It has been too hot to walk the dogs during the day over the past week. They aren’t at all acclimatised to the heat, especially since last weekend I had a coat on Dylan between racing so he didn’t get cold (and we all wore hats and gloves to ring party, to prevent freezing).
Rio is suffering the most, but that’s mainly because she’s still running around at 100mph and she can’t swim to cool off like the others. The girls and Dylan are taking things at a slower pace, wisely, and chilling out in the river a lot on walks.

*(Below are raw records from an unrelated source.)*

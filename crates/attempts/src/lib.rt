// One attempt of Algorithm 2.
#![tactic(auto)]

mod commit;
mod respond;
pub mod row;

ghost use Rattle.std.specs.Prelude.{◌≡◌, ◌*◌};
ghost use Rattle.attempts.specs.Attempt.{key_of, attempt};
ghost use Rattle.attempts.specs.Promises.{Challenged, Concluded, Tries};
ghost use Rattle.attempts.specs.Asks.{Whole, Concludes, Places, Attempts};

use highs::Highs;
use sets::{DIGEST_BYTES, Numbers, SEED_BYTES, Set, SetI};

// What an attempt comes to.
#[derive(Clone, Copy, Debug, PartialEq, Eq)]
pub enum Tried {
    // every test passes: the signature record is written
    Passes,
    // a test does not pass
    Fails,
    // a high part does not fit a signed byte
    Overflows,
}

// c' of the high parts, G of the message and the record's g.
fn challenge(set: Numbers, highs: Highs, digest: &[u8], secret: &[u8], c: &mut [u8; SEED_BYTES])
    requires { Whole set secret.now }
    ensures { Challenged set highs digest.now secret.now c.new }
{
    let start = records::secret::g_start(set);
    let end = records::secret::secret_bytes(set);
    highs::hash(set, highs, digest, &secret[start..end], c);
}

// What follows once the high parts are absorbed and fit: where the tests pass, the signature record is written, and else it stays. z
// takes z, bits its bits.
fn conclude(
    set: Numbers,
    secret: &[u8],
    digest: &[u8; DIGEST_BYTES],
    highs: Highs,
    signature: &mut [u8],
    y: &mut [i32],
    bits: &mut [u32],
    v: &mut [u32],
    z: &mut [i32],
) -> Tried
    requires { Concludes set secret.now signature.old y.old bits.old v.old z.old }
    ensures { Concluded set highs digest.now secret.now y.old v.old signature.old signature.new result }
{
    let mut c = [0u8; SEED_BYTES];
    challenge(set, highs, digest, secret, &mut c);
    if respond::respond(set, secret, &c, y, v, z) {
        signatures::write_checked(set, z, &c, signature, bits);
        Tried::Passes
    } else {
        Tried::Fails
    }
}

// Attempt number `counter`: where it passes, the signature record is written, and else it stays. a holds a_1..a_k. What else is lent
// is scratch.
fn attempt_in(
    set: Set,
    secret: &[u8],
    a: &[u32],
    digest: &[u8; DIGEST_BYTES],
    rand: &[u8; SEED_BYTES],
    counter: u16,
    signature: &mut [u8],
    y: &mut [i32],
    yr: &mut [u32],
    v: &mut [u32],
    z: &mut [i32],
) -> Tried
    requires attempts { Attempts set.numbers secret.now a.now signature.old }
    requires places { Places set.numbers y.old yr.old v.old z.old }
    ensures { Tries set.numbers (attempt set.numbers (key_of set.numbers secret.now) digest.now rand.now counter) signature.old signature.new result }
{
    let highs = commit::commit(set, a, rand, counter, y, yr, v);
    let fit = highs.fit;
    if !fit {
        return Tried::Overflows;
    }
    conclude(set.numbers, secret, digest, highs, signature, y, yr, v, z)
}

// The same with scratch of its own.
fn attempt_of<const N: usize, const KN: usize>(
    set: Set,
    secret: &[u8],
    a: &[u32],
    digest: &[u8; DIGEST_BYTES],
    rand: &[u8; SEED_BYTES],
    counter: u16,
    signature: &mut [u8],
) -> Tried
    requires n_is { set.numbers.n ≡ N }
    requires kn_is { set.numbers.k * set.numbers.n ≡ KN }
    requires attempts { Attempts set.numbers secret.now a.now signature.old }
    ensures { Tries set.numbers (attempt set.numbers (key_of set.numbers secret.now) digest.now rand.now counter) signature.old signature.new result }
{
    let mut y = [0i32; N];
    let mut yr = [0u32; N];
    let mut v = [0u32; KN];
    let mut z = [0i32; N];
    attempt_in(
        set, secret, a, digest, rand, counter, signature, &mut y, &mut yr, &mut v, &mut z,
    )
}

// The same in every set that there is.
#[tactic(auto, using(sets::specs::Known::n_i, sets::specs::Known::kn_i, sets::specs::Known::no_other))]
pub fn attempt(
    set: Set,
    secret: &[u8],
    a: &[u32],
    digest: &[u8; DIGEST_BYTES],
    rand: &[u8; SEED_BYTES],
    counter: u16,
    signature: &mut [u8],
) -> Tried
    requires { Attempts set.numbers secret.now a.now signature.old }
    ensures { Tries set.numbers (attempt set.numbers (key_of set.numbers secret.now) digest.now rand.now counter) signature.old signature.new result }
{
    match set.numbers.digit {
        1 => attempt_of::<{ SetI::N }, { SetI::KN }>(
            set, secret, a, digest, rand, counter, signature,
        ),
        _ => unreachable!(),
    }
}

I didn’t forget about Dylan’s birthday last month, but I didn’t blog about it. He was six on April 21st, which seems quite bizarre to me. I don’t remember when he grew up? Looking at his photos from earlier today I can see this amazing, mature, gorgeous dog and I think he’s pretty damn awesome. It’s strange, because he’s not the dog I thought he would be; it took me a long time to reconcile my expectations and ideas of what he should be, to seeing and accepting the dog he actually is. For all his neurotic, insecure, and fear-based quirks, he’s the kind of dog that was always in the books I read when I was younger. He is a Good Dog, it’s written right into his blood.
He also played with Diva this week, which is a fairly massive milestone in his life considering he’s seen her every week for the past 2 years and has spent most of that time trying to pretend she doesn’t exist.